### [What to do]
Give back the records in full, with every line exactly as it was.

### [Data for processing]

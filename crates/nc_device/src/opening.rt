//! The store of a device, opened.
ghost use Rattle.std.specs.Prelude.{◌≡◌, ◌∷◌, ℕ, List, [], IfErr, IfOk};
ghost use Rattle.nc_journal.specs.Header.{IsHeader};
ghost use Rattle.nc_machine.specs.Serving.{IsHomeOf, StandsFor};
ghost use Rattle.nc_model.specs.Desks.{Home};
ghost use Rattle.nc_model.specs.State.{opening};
ghost use Rattle.nc_schema.specs.Configuration.{IsConfiguration};
ghost use Rattle.nc_schema.specs.Proper.{IsProperSchema};
ghost use Rattle.nc_schema.specs.Violations.{IsValid};
ghost use Rattle.nc_store.specs.Keeping.{StoreLeaves};
ghost use Rattle.nc_store.specs.Opening.{HasBegun};
ghost use Rattle.nc_device.specs.Devices.{Begins};
ghost use Rattle.nc_device.specs.Outside.{stored};
ghost use Rattle.nc_device.specs.Begun.{IsBegun, IsKept, store_words};
ghost use Rattle.nc_device.specs.inner.Opening.{Unopens};
ghost use Rattle.nc_words.specs.declared.end.RunEnd.TheVariants.{Memory as EndMemory};

use crate::device::Device;
use nc_machine::Machine;
use nc_names::Memory;
use nc_outside::Disk;
use nc_schema::Schema;
use nc_store::Store;
use nc_tree::Config;
use nc_words::RunEnd;
use std::alloc::Global;
use std::sync::Arc;

/// A server over the store of a device, before its first event.
#[derive(Drop)]
pub struct Opened<D: Disk> {
    /// The server.
    pub machine: Machine<Store<D>>,
    /// Its schema, which sessions read beside it.
    pub schema: Arc<Schema, Global>,
    /// How many records its store has.
    pub records: u64,
}

/// What a run came to, and the disk.
#[derive(Drop)]
pub struct Ended<D> {
    /// What it came to.
    pub end: RunEnd,
    /// The disk.
    pub disk: D,
}

// Three owners of one schema.
#[derive(Drop)]
struct Owners {
    store: Arc<Schema, Global>,
    machine: Arc<Schema, Global>,
    sessions: Arc<Schema, Global>,
}

fn owners_of(alloc: Global, schema: Schema) -> Result<Owners, Memory>
    ensures store { IfOk result (λ it. it.store.value ≡ schema) }
    ensures machine { IfOk result (λ it. it.machine.value ≡ schema) }
    ensures sessions { IfOk result (λ it. it.sessions.value ≡ schema) }
{
    let store = Arc::new(alloc, schema)?;
    let machine = Arc::try_clone(&store)?;
    let sessions = Arc::try_clone(&store)?;
    Ok(Owners {
        store,
        machine,
        sessions,
    })
}

// That no memory was found.
fn without_memory<D>(disk: D) -> Ended<D>
    ensures end { result.end ≡ EndMemory }
    ensures disk { result.disk ≡ disk }
{
    Ended {
        end: RunEnd::Memory,
        disk,
    }
}

// The server over an open store.
fn with_machine<D: Disk>(
    alloc: Global,
    store: Store<D>,
    running: Config,
    machine: Arc<Schema, Global>,
    sessions: Arc<Schema, Global>,
) -> Result<Opened<D>, Ended<D>>
    requires proper { IsProperSchema machine.value }
    requires setup { store.setup.tables ≡ machine.value }
    requires same { sessions.value ≡ machine.value }
    requires begun { HasBegun store.setup store running }
    requires now { StoreLeaves D.seen D.left_since store (D.moment store.disk) (running ∷ []) }
    ensures opening { IfOk result (λ it.
        it.machine.state ≡ opening machine.value running (D.faults store.disk)) }
    ensures count { IfOk result (λ it. it.machine.count ≡ 0) }
    ensures keeper { IfOk result (λ it. it.machine.keeper ≡ store) }
    ensures stands { IfOk result (λ it. (home : Home) →
        IsHomeOf (store_words D.seen D.moment D.left_since) it.machine home →
        StandsFor (store_words D.seen D.moment D.left_since) home it.machine []) }
    ensures schema { IfOk result (λ it. it.schema.value ≡ machine.value) }
    ensures memory { IfErr result (λ it. it.end ≡ EndMemory) }
    ensures back { IfErr result (λ it. it.disk ≡ store.disk) }
{
    let records = store.records();
    match Machine::begin(alloc, machine, running, store) {
        Ok(machine) => Ok(Opened {
            machine,
            schema: sessions,
            records,
        }),
        Err(store) => Err(without_memory(store.finish())),
    }
}

/// Opens the store of a device, and begins its server.
pub(crate) fn open<D: Disk>(alloc: Global, device: Device, disk: D) -> Result<Opened<D>, Ended<D>>
    requires proper { IsProperSchema device.schema }
    requires header { (modules : List (List ℕ)) × (features : List ℕ) ×
        IsHeader modules features device.header }
    requires initial { IsConfiguration device.schema device.initial }
    requires valid { IsValid device.schema device.initial }
    ensures begins { IfOk result (λ it.
        Begins device (stored (D.seen disk) (D.faults disk)) it.machine.state) }
    ensures begun { IfOk result (λ it.
        IsBegun D.seen D.may_leave D.moment D.left_since disk device it.machine) }
    ensures count { IfOk result (λ it. it.machine.count ≡ 0) }
    ensures schema { IfOk result (λ it. it.schema.value ≡ device.schema) }
    ensures kept { IfErr result (λ it.
        IsKept D.seen D.may_leave D.moment D.left_since disk it.disk device) }
    ensures unopened { IfErr result (λ it. Unopens device
        (stored (D.seen disk) (D.faults disk)) (stored (D.seen it.disk) (D.faults it.disk)) it.end) }
{
    let Device {
        schema,
        initial,
        header,
        modules: _,
    } = device;
    let Ok(owners) = owners_of(alloc, schema) else {
        return Err(without_memory(disk));
    };
    let Owners {
        store,
        machine,
        sessions,
    } = owners;
    match Store::begin(alloc, disk, store, header, initial) {
        Ok((store, running)) => with_machine(alloc, store, running, machine, sessions),
        Err((disk, fault)) => Err(Ended {
            end: RunEnd::Store(fault),
            disk,
        }),
    }
}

### [Response to the exercise]
filename crates/nc_device/src/opening.rt
//! The store of a device, opened.
ghost use Rattle.std.specs.Prelude.{◌≡◌, ◌∷◌, ℕ, List, [], IfErr, IfOk};
ghost use Rattle.nc_journal.specs.Header.{IsHeader};
ghost use Rattle.nc_machine.specs.Serving.{IsHomeOf, StandsFor};
ghost use Rattle.nc_model.specs.Desks.{Home};
ghost use Rattle.nc_model.specs.State.{opening};
ghost use Rattle.nc_schema.specs.Configuration.{IsConfiguration};
ghost use Rattle.nc_schema.specs.Proper.{IsProperSchema};
ghost use Rattle.nc_schema.specs.Violations.{IsValid};
ghost use Rattle.nc_store.specs.Keeping.{StoreLeaves};
ghost use Rattle.nc_store.specs.Opening.{HasBegun};
ghost use Rattle.nc_device.specs.Devices.{Begins};
ghost use Rattle.nc_device.specs.Outside.{stored};
ghost use Rattle.nc_device.specs.Begun.{IsBegun, IsKept, store_words};
ghost use Rattle.nc_device.specs.inner.Opening.{Unopens};
ghost use Rattle.nc_words.specs.declared.end.RunEnd.TheVariants.{Memory as EndMemory};

use crate::device::Device;
use nc_machine::Machine;
use nc_names::Memory;
use nc_outside::Disk;
use nc_schema::Schema;
use nc_store::Store;
use nc_tree::Config;
use nc_words::RunEnd;
use std::alloc::Global;
use std::sync::Arc;

/// A server over the store of a device, before its first event.
#[derive(Drop)]
pub struct Opened<D: Disk> {
    /// The server.
    pub machine: Machine<Store<D>>,
    /// Its schema, which sessions read beside it.
    pub schema: Arc<Schema, Global>,
    /// How many records its store has.
    pub records: u64,
}

/// What a run came to, and the disk.
#[derive(Drop)]
pub struct Ended<D> {
    /// What it came to.
    pub end: RunEnd,
    /// The disk.
    pub disk: D,
}

// Three owners of one schema.
#[derive(Drop)]
struct Owners {
    store: Arc<Schema, Global>,
    machine: Arc<Schema, Global>,
    sessions: Arc<Schema, Global>,
}

fn owners_of(alloc: Global, schema: Schema) -> Result<Owners, Memory>
    ensures store { IfOk result (λ it. it.store.value ≡ schema) }
    ensures machine { IfOk result (λ it. it.machine.value ≡ schema) }
    ensures sessions { IfOk result (λ it. it.sessions.value ≡ schema) }
{
    let store = Arc::new(alloc, schema)?;
    let machine = Arc::try_clone(&store)?;
    let sessions = Arc::try_clone(&store)?;
    Ok(Owners {
        store,
        machine,
        sessions,
    })
}

// That no memory was found.
fn without_memory<D>(disk: D) -> Ended<D>
    ensures end { result.end ≡ EndMemory }
    ensures disk { result.disk ≡ disk }
{
    Ended {
        end: RunEnd::Memory,
        disk,
    }
}

// The server over an open store.
fn with_machine<D: Disk>(
    alloc: Global,
    store: Store<D>,
    running: Config,
    machine: Arc<Schema, Global>,
    sessions: Arc<Schema, Global>,
) -> Result<Opened<D>, Ended<D>>
    requires proper { IsProperSchema machine.value }
    requires setup { store.setup.tables ≡ machine.value }
    requires same { sessions.value ≡ machine.value }
    requires begun { HasBegun store.setup store running }
    requires now { StoreLeaves D.seen D.left_since store (D.moment store.disk) (running ∷ []) }
    ensures opening { IfOk result (λ it.
        it.machine.state ≡ opening machine.value running (D.faults store.disk)) }
    ensures count { IfOk result (λ it. it.machine.count ≡ 0) }
    ensures keeper { IfOk result (λ it. it.machine.keeper ≡ store) }
    ensures stands { IfOk result (λ it. (home : Home) →
        IsHomeOf (store_words D.seen D.moment D.left_since) it.machine home →
        StandsFor (store_words D.seen D.moment D.left_since) home it.machine []) }
    ensures schema { IfOk result (λ it. it.schema.value ≡ machine.value) }
    ensures memory { IfErr result (λ it. it.end ≡ EndMemory) }
    ensures back { IfErr result (λ it. it.disk ≡ store.disk) }
{
    let records = store.records();
    match Machine::begin(alloc, machine, running, store) {
        Ok(machine) => Ok(Opened {
            machine,
            schema: sessions,
            records,
        }),
        Err(store) => Err(without_memory(store.finish())),
    }
}

/// Opens the store of a device, and begins its server.
pub(crate) fn open<D: Disk>(alloc: Global, device: Device, disk: D) -> Result<Opened<D>, Ended<D>>
    requires proper { IsProperSchema device.schema }
    requires header { (modules : List (List ℕ)) × (features : List ℕ) ×
        IsHeader modules features device.header }
    requires initial { IsConfiguration device.schema device.initial }
    requires valid { IsValid device.schema device.initial }
    ensures begins { IfOk result (λ it.
        Begins device (stored (D.seen disk) (D.faults disk)) it.machine.state) }
    ensures begun { IfOk result (λ it.
        IsBegun D.seen D.may_leave D.moment D.left_since disk device it.machine) }
    ensures count { IfOk result (λ it. it.machine.count ≡ 0) }
    ensures schema { IfOk result (λ it. it.schema.value ≡ device.schema) }
    ensures kept { IfErr result (λ it.
        IsKept D.seen D.may_leave D.moment D.left_since disk it.disk device) }
    ensures unopened { IfErr result (λ it. Unopens device
        (stored (D.seen disk) (D.faults disk)) (stored (D.seen it.disk) (D.faults it.disk)) it.end) }
{
    let Device {
        schema,
        initial,
        header,
        modules: _,
    } = device;
    let Ok(owners) = owners_of(alloc, schema) else {
        return Err(without_memory(disk));
    };
    let Owners {
        store,
        machine,
        sessions,
    } = owners;
    match Store::begin(alloc, disk, store, header, initial) {
        Ok((store, running)) => with_machine(alloc, store, running, machine, sessions),
        Err((disk, fault)) => Err(Ended {
            end: RunEnd::Store(fault),
            disk,
        }),
    }
}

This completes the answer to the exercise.